Records from a data collection:
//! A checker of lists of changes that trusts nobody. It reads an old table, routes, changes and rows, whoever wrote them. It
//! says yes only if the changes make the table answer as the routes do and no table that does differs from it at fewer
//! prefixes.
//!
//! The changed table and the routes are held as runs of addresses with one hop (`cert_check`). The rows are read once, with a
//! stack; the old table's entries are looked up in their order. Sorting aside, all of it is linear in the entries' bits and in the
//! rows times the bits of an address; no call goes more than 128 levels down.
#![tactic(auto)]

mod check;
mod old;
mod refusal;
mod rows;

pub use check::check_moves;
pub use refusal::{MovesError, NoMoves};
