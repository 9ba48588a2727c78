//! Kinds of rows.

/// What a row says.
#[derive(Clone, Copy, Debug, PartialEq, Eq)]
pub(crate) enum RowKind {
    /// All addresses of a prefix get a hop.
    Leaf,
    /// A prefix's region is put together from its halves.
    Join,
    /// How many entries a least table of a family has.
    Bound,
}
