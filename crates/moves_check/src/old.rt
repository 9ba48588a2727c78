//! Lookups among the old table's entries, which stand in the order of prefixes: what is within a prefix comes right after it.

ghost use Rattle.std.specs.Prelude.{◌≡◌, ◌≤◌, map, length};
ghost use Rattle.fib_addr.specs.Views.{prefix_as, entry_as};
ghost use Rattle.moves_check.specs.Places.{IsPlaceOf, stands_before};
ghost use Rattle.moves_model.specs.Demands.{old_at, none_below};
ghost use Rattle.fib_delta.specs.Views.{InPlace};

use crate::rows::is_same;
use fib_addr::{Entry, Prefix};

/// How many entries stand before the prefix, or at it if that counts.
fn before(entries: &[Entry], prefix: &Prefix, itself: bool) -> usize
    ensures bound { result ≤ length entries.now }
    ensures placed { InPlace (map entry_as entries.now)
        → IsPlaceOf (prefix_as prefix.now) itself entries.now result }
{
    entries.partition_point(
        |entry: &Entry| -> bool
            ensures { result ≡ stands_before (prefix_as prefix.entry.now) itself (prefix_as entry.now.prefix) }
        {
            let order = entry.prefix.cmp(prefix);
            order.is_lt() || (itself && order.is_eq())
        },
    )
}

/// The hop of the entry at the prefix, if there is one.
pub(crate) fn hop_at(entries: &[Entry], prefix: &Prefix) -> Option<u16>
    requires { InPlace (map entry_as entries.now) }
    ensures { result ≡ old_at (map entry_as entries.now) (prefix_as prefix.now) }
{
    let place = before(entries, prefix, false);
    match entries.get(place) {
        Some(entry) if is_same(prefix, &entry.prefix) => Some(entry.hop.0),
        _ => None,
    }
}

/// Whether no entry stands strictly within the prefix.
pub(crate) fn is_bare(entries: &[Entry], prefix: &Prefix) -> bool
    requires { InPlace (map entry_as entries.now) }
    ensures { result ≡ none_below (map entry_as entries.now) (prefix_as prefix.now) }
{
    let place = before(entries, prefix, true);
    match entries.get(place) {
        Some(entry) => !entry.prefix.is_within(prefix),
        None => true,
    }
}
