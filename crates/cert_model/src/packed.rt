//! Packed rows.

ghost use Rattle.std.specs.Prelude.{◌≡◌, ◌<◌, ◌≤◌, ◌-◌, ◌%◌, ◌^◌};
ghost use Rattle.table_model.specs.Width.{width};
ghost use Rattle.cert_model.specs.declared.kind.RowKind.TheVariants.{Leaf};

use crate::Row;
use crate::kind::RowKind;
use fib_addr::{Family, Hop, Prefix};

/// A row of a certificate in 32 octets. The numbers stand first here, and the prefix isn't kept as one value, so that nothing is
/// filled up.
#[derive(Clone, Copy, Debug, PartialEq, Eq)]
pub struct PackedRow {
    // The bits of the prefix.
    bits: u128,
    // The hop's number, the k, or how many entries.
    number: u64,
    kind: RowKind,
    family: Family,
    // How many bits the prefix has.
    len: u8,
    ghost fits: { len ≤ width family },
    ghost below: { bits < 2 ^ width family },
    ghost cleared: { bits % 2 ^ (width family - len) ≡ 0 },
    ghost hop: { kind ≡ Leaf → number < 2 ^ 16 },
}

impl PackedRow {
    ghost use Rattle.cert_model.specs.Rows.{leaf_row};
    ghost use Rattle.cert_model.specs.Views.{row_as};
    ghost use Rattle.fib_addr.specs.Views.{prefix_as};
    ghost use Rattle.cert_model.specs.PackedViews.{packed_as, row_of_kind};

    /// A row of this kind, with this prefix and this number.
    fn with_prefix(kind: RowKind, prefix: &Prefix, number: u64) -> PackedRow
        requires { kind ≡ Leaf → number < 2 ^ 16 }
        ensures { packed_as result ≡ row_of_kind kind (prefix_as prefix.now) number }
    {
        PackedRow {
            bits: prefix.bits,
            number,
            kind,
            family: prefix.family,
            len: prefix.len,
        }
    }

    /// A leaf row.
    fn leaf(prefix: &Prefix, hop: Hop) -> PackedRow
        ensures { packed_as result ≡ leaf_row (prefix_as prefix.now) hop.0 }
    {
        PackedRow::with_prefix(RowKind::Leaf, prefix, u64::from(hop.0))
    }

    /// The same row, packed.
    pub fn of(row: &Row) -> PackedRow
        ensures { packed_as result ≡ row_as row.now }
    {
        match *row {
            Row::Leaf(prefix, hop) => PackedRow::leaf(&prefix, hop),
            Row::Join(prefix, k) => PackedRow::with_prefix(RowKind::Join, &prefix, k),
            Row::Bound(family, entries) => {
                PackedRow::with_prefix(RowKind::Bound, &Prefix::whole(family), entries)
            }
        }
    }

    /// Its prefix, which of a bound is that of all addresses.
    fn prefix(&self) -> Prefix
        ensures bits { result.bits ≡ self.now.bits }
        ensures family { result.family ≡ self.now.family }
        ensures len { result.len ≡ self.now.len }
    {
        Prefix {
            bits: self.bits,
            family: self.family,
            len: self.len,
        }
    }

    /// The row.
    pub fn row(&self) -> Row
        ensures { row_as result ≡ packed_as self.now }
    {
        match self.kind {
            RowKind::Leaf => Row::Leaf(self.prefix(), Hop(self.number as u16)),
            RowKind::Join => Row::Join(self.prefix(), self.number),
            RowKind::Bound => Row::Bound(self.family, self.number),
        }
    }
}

Goal of the exercise: Output the lines above between the one holding "let place = before(entries, prefix, true);" and the one holding "A leaf row.", inclusive, with nothing before or after them.

Response below:
    let place = before(entries, prefix, true);
    match entries.get(place) {
        Some(entry) => !entry.prefix.is_within(prefix),
        None => true,
    }
}
filename crates/cert_model/src/packed.rt
//! Packed rows.

ghost use Rattle.std.specs.Prelude.{◌≡◌, ◌<◌, ◌≤◌, ◌-◌, ◌%◌, ◌^◌};
ghost use Rattle.table_model.specs.Width.{width};
ghost use Rattle.cert_model.specs.declared.kind.RowKind.TheVariants.{Leaf};

use crate::Row;
use crate::kind::RowKind;
use fib_addr::{Family, Hop, Prefix};

/// A row of a certificate in 32 octets. The numbers stand first here, and the prefix isn't kept as one value, so that nothing is
/// filled up.
#[derive(Clone, Copy, Debug, PartialEq, Eq)]
pub struct PackedRow {
    // The bits of the prefix.
    bits: u128,
    // The hop's number, the k, or how many entries.
    number: u64,
    kind: RowKind,
    family: Family,
    // How many bits the prefix has.
    len: u8,
    ghost fits: { len ≤ width family },
    ghost below: { bits < 2 ^ width family },
    ghost cleared: { bits % 2 ^ (width family - len) ≡ 0 },
    ghost hop: { kind ≡ Leaf → number < 2 ^ 16 },
}

impl PackedRow {
    ghost use Rattle.cert_model.specs.Rows.{leaf_row};
    ghost use Rattle.cert_model.specs.Views.{row_as};
    ghost use Rattle.fib_addr.specs.Views.{prefix_as};
    ghost use Rattle.cert_model.specs.PackedViews.{packed_as, row_of_kind};

    /// A row of this kind, with this prefix and this number.
    fn with_prefix(kind: RowKind, prefix: &Prefix, number: u64) -> PackedRow
        requires { kind ≡ Leaf → number < 2 ^ 16 }
        ensures { packed_as result ≡ row_of_kind kind (prefix_as prefix.now) number }
    {
        PackedRow {
            bits: prefix.bits,
            number,
            kind,
            family: prefix.family,
            len: prefix.len,
        }
    }

    /// A leaf row.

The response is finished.